А что имеете ввиду под условиями работы? Нагруженный не нагруженный или как?

----------


## Spoiler

> для обычного компа типа киношку посмотреть, в инете полазить и в ворде текстик понабирать, достаточно будет back взять


Для всего остального есть Smart ))

----------


## rukin

что б не ошибиться в выборе ибп, нужно не жалеть деньги и брать от норм бренда, а не ноунейм. тогда в любом случае не ошибёшься))

----------


## seoman

Спасибо. Из всего сделал вывод что лучше всего взять наверное APC Back-UPS, должно хватить в принципе. Smart мне не так уж нужен.

----------


## rukin

> Для всего остального есть Smart ))


да ну нафиг смарт, он разве что только для серваков норм. цена та на него большая

----------


## Deus Ex

можно и дома поставить если деньги есть, как говориться нет препятствий патриоту))

----------


## rukin

> можно и дома поставить если деньги есть, как говориться нет препятствий патриоту))

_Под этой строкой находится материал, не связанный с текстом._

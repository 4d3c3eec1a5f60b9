// Whether some board meets a sheet, asked of any engine.
#![tactic(auto)]

ghost use Rattle.std.specs.Prelude.{◌≡◌, ℕ, ◌<◌};
ghost use Rattle.rules.specs.Rule.{marked};
ghost use Rattle.finder.specs.Finding.{Finds};

pub mod found;

use ask::Asked;
use board::Board;
use engine::answer::Answer;
use engine::asked::Engine;
use found::{Finding, Found};
use ledger::state::Sheet;
use rules::Mark;
use solve::solve;
use std::array;

// The marks of the parts.
fn board_of(marks: &[Mark; 80]) -> Board
    ensures { (i : ℕ) → i < 40 → marked result.marks i ≡ marked marks.now i }
{
    Board {
        marks: array::from_fn(|part| marks[part]),
    }
}

// A board that meets the sheet, or that there is none, in at most `allowance` steps of the engine.
pub fn find<E: Engine>(sheet: &Sheet, engine: &mut E, allowance: u64) -> Finding
    ensures { Finds E.Engine.pledge sheet.now.words allowance result }
{
    match solve(sheet, engine, allowance) {
        Ok(Asked { answer, steps }) => {
            let found = match answer {
                Answer::Going => Found::Unfinished,
                Answer::Yes(marks) => Found::Fits(board_of(&marks)),
                Answer::No(_) => Found::Nothing,
            };
            Finding { found, steps }
        }
        Err(_) => unreachable(),
    }
}
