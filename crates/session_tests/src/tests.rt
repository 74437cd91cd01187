use crate::served::{both_said, is_said, with_help};
use line_server::SessionEnd;
use std::test::Fail;

const FIVE_LINES: &[u8] = b"begin 10 { r0 = a[0]; emit r0; }\nresult 1\nresult 2\ntable a\nquit\n";

#[test]
fn a_session_that_works_not_leaves_its_begin_pending(rt: HostRuntime) -> Result<(), Fail> {
    let first = with_help(0, FIVE_LINES);
    let second = with_help(0, b"result 1\n");
    for split in [false, true] {
        let (before, behind) = both_said(&rt, rt.alloc(), &first, &second, split)?;
        assert!(rt;
            is_said(
                &before,
                b"begin 1\npending 1\nunknown 2\na 0 0 0 0\nbye\n",
                SessionEnd::Quit
            )
        );
        assert!(rt; is_said(&behind, b"pending 1\n", SessionEnd::End));
    }
    Ok(())
}

#[test]
fn a_session_that_works_commits_what_it_began(rt: HostRuntime) -> Result<(), Fail> {
    let first = with_help(256, FIVE_LINES);
    let second = with_help(0, b"result 1\n");
    for split in [false, true] {
        let (before, behind) = both_said(&rt, rt.alloc(), &first, &second, split)?;
        assert!(rt;
            is_said(
                &before,
                b"begin 1\ncommit 1 done 0\nunknown 2\na 0 0 0 0\nbye\n",
                SessionEnd::Quit
            )
        );
        assert!(rt; is_said(&behind, b"commit 1 done 0\n", SessionEnd::End));
    }
    Ok(())
}
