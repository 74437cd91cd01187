// Sessions over memory, at a forest over one table `a` of four items.
ghost use Rattle.std.specs.Prelude.{◌≡◌, ◌≤◌, ◌<◌, None, Some, IfOk};
ghost use Rattle.txn_names.specs.Tables.{items_of};
ghost use Rattle.turn_cell.specs.Passes.{IsOf, seen_by, seats_of};
ghost use Rattle.shadow_forest.specs.Listed.{listed, items_in};

use item_table::Table;
use line_server::{SessionEnd, session};
use scc_ports::{MemSink, MemSource, OpenGate};
use shadow_forest::{Bench, Forest};
use std::alloc::{AllocError, Global};
use std::marker::Brand;
use std::sync::Wait;
use std::sync::ledger::{Blank, Ledger};
use std::test::Fail;
use step_count::Steps;
use turn_cell::{Pass, TurnCell};
use txn_names::Names;

// How many bytes a call of a source gives at most, and how many a call of a sink takes.
const READ_AT_ONCE: usize = 8;

const WRITTEN_AT_ONCE: usize = 4;

/// What a session is given: the turns that it works behind a reply, its input, and which calls of its source and of its sink fail.
#[derive(Clone, Copy)]
pub struct Given<'a> {
    pub help: u32,
    pub input: &'a [u8],
    pub reads_fail: &'a [u32],
    pub writes_fail: &'a [u32],
}

/// What a session wrote, and how it ended.
pub type Said = (Vec<u8>, SessionEnd);

/// A session with this help and this input, whose ports don't fail.
pub fn with_help(help: u32, input: &[u8]) -> Given<'_> {
    Given {
        help,
        input,
        reads_fail: &[],
        writes_fail: &[],
    }
}

/// Whether a session wrote this and ended so.
pub fn is_said(said: &Said, written: &[u8], end: SessionEnd) -> bool {
    said.0.as_slice() == written && said.1 == end
}

fn names_of(alloc: Global) -> Result<Names, Fail> {
    let mut names = Names::new(alloc);
    let _a = names.add(b"a", 4)?;
    Ok(names)
}

// A forest that none began in, with two shadows a transaction and two lanes.
fn forest_of(alloc: Global, sealed: bool) -> Result<Forest, AllocError> {
    let table = Table::new(alloc, 4)?;
    let mut forest = Forest::open(alloc, table, 2, 2)?;
    if sealed {
        forest.seal();
    }
    Ok(forest)
}

// A bench with no job, over as many items as the forest's tables and the names have.
fn bench_for(alloc: Global, names: &Names, forest: &Forest) -> Result<Bench, Fail>
    ensures { IfOk result (λ b. (b.outside ≡ None) × (items_in (listed forest.now) ≡ Some b.items) × (items_of names.now ≡ b.items)) }
{
    let items = names.items();
    if items != forest.table().len() {
        return Err(Fail::new("names of other tables"));
    }
    // that the number of items stays comes with the journal
    let _ = forest.journal();
    Ok(Bench::open(alloc, items)?)
}

fn counted_session<R: Wait, L: Ledger>(
    rt: &R,
    blank: Blank,
    alloc: Global,
    cell: &TurnCell<Forest>,
    names: &Names,
    pass: Pass<Forest>,
    bench: &mut Bench,
    help: u32,
    source: &mut MemSource,
    sink: &mut MemSink,
) -> (Pass<Forest>, SessionEnd)
    requires name { (blank.name ≡ L.name) × (blank.parts ≡ L.parts) × (0 < blank.parts) }
    requires cell { IsOf pass cell.now }
    requires empty { bench.old.outside ≡ None }
    requires items { items_in (seen_by pass) ≡ Some bench.old.items }
    requires names { items_of names.now ≡ bench.old.items }
    ensures cell { IsOf result.0 cell.now × (seats_of result.0 ≡ seats_of pass) }
    ensures items { items_in (seen_by result.0) ≡ Some bench.old.items }
    ensures bench { bench.new ≡ bench.old }
{
    let mut steps: Steps<L> = Steps::new(blank);
    session(
        rt, alloc, cell, names, pass, bench, &OpenGate, help, source, sink, &mut steps,
    )
}

// A session at a cell; nobody counts its steps.
fn said_at<R: Wait>(
    rt: &R,
    alloc: Global,
    cell: &TurnCell<Forest>,
    names: &Names,
    pass: Pass<Forest>,
    bench: &mut Bench,
    given: &Given<'_>,
) -> Result<(Pass<Forest>, Said), AllocError>
    requires cell { IsOf pass cell.now }
    requires empty { bench.old.outside ≡ None }
    requires items { items_in (seen_by pass) ≡ Some bench.old.items }
    requires names { items_of names.now ≡ bench.old.items }
    ensures cell { IfOk result (λ r. IsOf r.0 cell.now × (seats_of r.0 ≡ seats_of pass)) }
    ensures items { IfOk result (λ r. items_in (seen_by r.0) ≡ Some bench.old.items) }
    ensures bench { bench.new ≡ bench.old }
{
    let mut source = MemSource::new(
        given.input.to_vec(alloc)?,
        READ_AT_ONCE,
        given.reads_fail.to_vec(alloc)?,
    );
    let mut sink = MemSink::with_room(
        alloc,
        100_000,
        WRITTEN_AT_ONCE,
        given.writes_fail.to_vec(alloc)?,
    )?;
    let blank = Blank::new(1);
    let (pass, end) = counted_session::<R, Brand>(
        rt,
        blank,
        alloc,
        cell,
        names,
        pass,
        bench,
        given.help,
        &mut source,
        &mut sink,
    );
    Ok((pass, (sink.into_bytes(), end)))
}

/// What a session writes at a new forest, and how it ends.
pub fn said<R: Wait>(rt: &R, alloc: Global, sealed: bool, given: &Given<'_>) -> Result<Said, Fail> {
    let names = names_of(alloc)?;
    let forest = forest_of(alloc, sealed)?;
    let mut bench = bench_for(alloc, &names, &forest)?;
    let (cell, pass) = TurnCell::open(alloc, forest, 1)?;
    let (_pass, said) = said_at(rt, alloc, &cell, &names, pass, &mut bench, given)?;
    Ok(said)
}

// A pass that has seen what this one has: one that is split from it, or itself.
fn next_pass(cell: &TurnCell<Forest>, pass: Pass<Forest>, split: bool) -> Pass<Forest>
    requires cell { IsOf pass cell.now }
    requires seats { 2 ≤ seats_of pass }
    ensures { IsOf result cell.now × (seen_by result ≡ seen_by pass) }
{
    let mut pass = pass;
    if split { cell.split(&mut pass) } else { pass }
}

/// What two sessions at one new forest say, one behind the other. The second has the pass that the first returned, or one split from it.
pub fn both_said<R: Wait>(
    rt: &R,
    alloc: Global,
    first: &Given<'_>,
    second: &Given<'_>,
    split: bool,
) -> Result<(Said, Said), Fail> {
    let names = names_of(alloc)?;
    let forest = forest_of(alloc, false)?;
    let mut bench = bench_for(alloc, &names, &forest)?;
    let (cell, pass) = TurnCell::open(alloc, forest, 2)?;
    let (pass, before) = said_at(rt, alloc, &cell, &names, pass, &mut bench, first)?;
    let pass = next_pass(&cell, pass, split);
    let (_pass, behind) = said_at(rt, alloc, &cell, &names, pass, &mut bench, second)?;
    Ok((before, behind))
}
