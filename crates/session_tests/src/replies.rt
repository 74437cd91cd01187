use crate::served::{Given, is_said, said, with_help};
use line_server::SessionEnd;
use std::test::Fail;

#[test]
fn sessions_are_answered(rt: HostRuntime) -> Result<(), Fail> {
    let rows: [(u32, &[u8], &[u8], SessionEnd); 12] = [
        (0, b"", b"", SessionEnd::End),
        (0, b"\n  \n# result 1\n\t\n#", b"", SessionEnd::End),
        (0, b"quit\nresult 1\n", b"bye\n", SessionEnd::Quit),
        (0, b"\nquit", b"bye\n", SessionEnd::Quit),
        (
            0,
            b"begin 1 { }\n\nbegin 2 { emit 1; }\nresult 2\nresult 3",
            b"begin 1\nbegin 2\npending 2\nunknown 3\n",
            SessionEnd::End,
        ),
        (
            0,
            b"begin 5 { emit 3; }\nwithdraw 1\nresult 1\nwithdraw 1\nbegin 5 { }\n",
            b"begin 1\nwithdraw 1\nwithdrawn 1\nrefuse 25\nbegin 2\n",
            SessionEnd::End,
        ),
        (
            256,
            b"begin 5 { a[2] = -7; emit 3; emit -1; }\nresult 1\ntable a\nwithdraw 1\nquit\n",
            b"begin 1\ncommit 1 done 3 -1\na 0 0 -7 0\nrefuse 25\nbye\n",
            SessionEnd::Quit,
        ),
        (
            256,
            b"begin 5 { a[0] = 1; fail 6; }\nresult 1\nbegin 5 { r0 = 1 / 0; }\nresult 2\ntable a\n",
            b"begin 1\ncommit 1 failed 6\nbegin 2\ncommit 2 fault zero\na 0 0 0 0\n",
            SessionEnd::End,
        ),
        (
            256,
            b"begin 5 { r0 = a[3]; r0 = r0 + 1; a[3] = r0; }\nbegin 5 { r0 = a[3]; r0 = r0 + 1; a[3] = r0; }\nresult 2\ntable a\n",
            b"begin 1\nbegin 2\ncommit 2 done\na 0 0 0 2\n",
            SessionEnd::End,
        ),
        (
            256,
            b"result 1\nbegin 5 { }\nresult 1\nresult 0\n",
            b"unknown 1\nbegin 1\ncommit 1 done\nunknown 0\n",
            SessionEnd::End,
        ),
        (
            0,
            b"result 4294967295\nwithdraw 4294967295\n",
            b"unknown 4294967295\nrefuse 25\n",
            SessionEnd::End,
        ),
        (
            0,
            b"begin 1 { }\nbegin 1 { }\nbegin 1 { }\nwithdraw 2\nresult 3\nresult 2\n",
            b"begin 1\nbegin 2\nbegin 3\nwithdraw 2\npending 3\nwithdrawn 2\n",
            SessionEnd::End,
        ),
    ];
    for (help, input, written, end) in rows {
        let said = said(&rt, rt.alloc(), false, &with_help(help, input))?;
        assert!(rt; is_said(&said, written, end));
    }
    Ok(())
}

#[test]
fn refused_lines_are_told(rt: HostRuntime) -> Result<(), Fail> {
    let rows: [(&[u8], &[u8]); 19] = [
        (b"frob", b"refuse 12\n"),
        (b"run", b"refuse 12\n"),
        (b"put a 0 1", b"refuse 12\n"),
        (b"report", b"refuse 12\n"),
        (b"table a 4", b"refuse 13\n"),
        (b"table", b"refuse 13\n"),
        (b"result", b"refuse 13\n"),
        (b"result x", b"refuse 13\n"),
        (b"quit 1", b"refuse 13\n"),
        (b"begin x { }", b"refuse 13\n"),
        (b"begin 1", b"refuse 14 0\n"),
        (b"begin 1 { emit 1 }", b"refuse 14 9\n"),
        (b"begin 1 { r0 = b[0]; }", b"refuse 16 7\n"),
        (b"begin 1 { loop 1001 { } }", b"refuse 15 loops\n"),
        (b"begin 1000000000001 { }", b"refuse 17\n"),
        (b"result 4294967296", b"refuse 17\n"),
        (b"table b", b"refuse 22\n"),
        (b"withdraw 1", b"refuse 25\n"),
        (b"withdraw 0", b"refuse 25\n"),
    ];
    for (input, written) in rows {
        let said = said(&rt, rt.alloc(), false, &with_help(0, input))?;
        assert!(rt; is_said(&said, written, SessionEnd::End));
    }
    Ok(())
}

#[test]
fn nothing_begins_in_a_sealed_forest(rt: HostRuntime) -> Result<(), Fail> {
    let given = with_help(2, b"begin 1 { }\nresult 1\nwithdraw 1\ntable a\nquit\n");
    let said = said(&rt, rt.alloc(), true, &given)?;
    assert!(rt;
        is_said(
            &said,
            b"refuse 24\nunknown 1\nrefuse 25\na 0 0 0 0\nbye\n",
            SessionEnd::Quit
        )
    );
    Ok(())
}

#[test]
fn a_line_of_too_many_bytes_is_refused(rt: HostRuntime) -> Result<(), Fail> {
    let alloc = rt.alloc();
    // a comment, which is blank where it isn't too long
    let mut input = b"#".to_vec(alloc)?;
    input.resize(8192, b' ')?;
    let most = said(&rt, alloc, false, &with_help(0, &input))?;
    assert!(rt; is_said(&most, b"", SessionEnd::End));
    input.push(b' ')?;
    let last = said(&rt, alloc, false, &with_help(0, &input))?;
    assert!(rt; is_said(&last, b"refuse 11\n", SessionEnd::End));
    input.extend_from_slice(b"\nquit\n")?;
    let followed = said(&rt, alloc, false, &with_help(0, &input))?;
    assert!(rt; is_said(&followed, b"refuse 11\nbye\n", SessionEnd::Quit));
    Ok(())
}

#[test]
fn a_fault_ends_a_session(rt: HostRuntime) -> Result<(), Fail> {
    let input: &[u8] = b"begin 1 { }\nresult 1\nquit\n";
    // which calls fail, of eight bytes each of the source and of four each of the sink
    let rows: [(&[u32], &[u32], &[u8], SessionEnd); 8] = [
        (&[1], &[], b"", SessionEnd::ReadFault),
        (&[2], &[], b"", SessionEnd::ReadFault),
        (&[3], &[], b"begin 1\n", SessionEnd::ReadFault),
        (&[4], &[], b"begin 1\npending 1\n", SessionEnd::ReadFault),
        (&[], &[1], b"", SessionEnd::WriteFault),
        (&[], &[2], b"begi", SessionEnd::WriteFault),
        (&[], &[4], b"begin 1\npend", SessionEnd::WriteFault),
        (&[], &[6], b"begin 1\npending 1\n", SessionEnd::WriteFault),
    ];
    for (reads_fail, writes_fail, written, end) in rows {
        let given = Given {
            reads_fail,
            writes_fail,
            ..with_help(0, input)
        };
        let said = said(&rt, rt.alloc(), false, &given)?;
        assert!(rt; is_said(&said, written, end));
    }
    Ok(())
}
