//! Tests of sessions from outside: what they write and how they end, over memory.
#![tactic(auto)]

#[cfg(test)]
mod replies;
#[cfg(test)]
mod served;
#[cfg(test)]
mod tests;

а для чего? половину его функционала не будет использоваться дома. тогда вопрос, зачем плтить за то, что не используешь?

----------


## Spoiler

> да ну нафиг смарт, он разве что только для серваков норм. цена та на него большая


Для серваков  ИБП - Online катят.

----------


## Mexex

> а для чего? половину его функционала не будет использоваться дома. тогда вопрос, зачем плтить за то, что не используешь?


Казалось бы так да, но многие люди имея большой бюджет покупают с мыслями, чем больше мощность, чем дороже цена -  тем и лучше))

----------


## dastin

Подскажите вообще как правильно подобрать ИБП если у меня блок питания с активным PFC...буду очень признателен

----------


## Mexex

> Подскажите вообще как правильно подобрать ИБП если у меня блок питания с активным PFC...буду очень признателен


Насколько знаю вам нужен ИБП класса Smart, т.е. всегда подающий на выход синусоидальный сигнал.

----------


## Albok

Но серия Smart не из дешевых и мощность у линейки сразу идет не маленькая, я не ошибаюсь?

----------


## Mexex

Да не ошибаетесь, но это лучшее решения для данного вида БП. Знаю что модели у APC серии самрт очень не плохи.

----------


## Garg

Вроде где-то слышал, что нужно брать ибп с запасом по мощности. Так ли это и какой запас брать нужно?

----------


## Mexex

> Вроде где-то слышал, что нужно брать ибп с запасом по мощности. Так ли это и какой запас брать нужно?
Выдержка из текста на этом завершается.